//! What is stored of a state, the state that it tells, and that state as a machine keeps it. It
//! knows no bytes.
#![tactic(auto)]

pub mod laws;
mod loading;
mod reading;
mod restoring;
mod taking;

pub use reading::{LoadFault, read};
pub use taking::snapshot;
* * * *
§ WORK INSTRUCTIONS: Write out again, exactly, the line containing "mod taking;" and every later line of the records. Omit the rest.

§ RESPONSE BOX:
mod taking;

pub use reading::{LoadFault, read};
pub use taking::snapshot;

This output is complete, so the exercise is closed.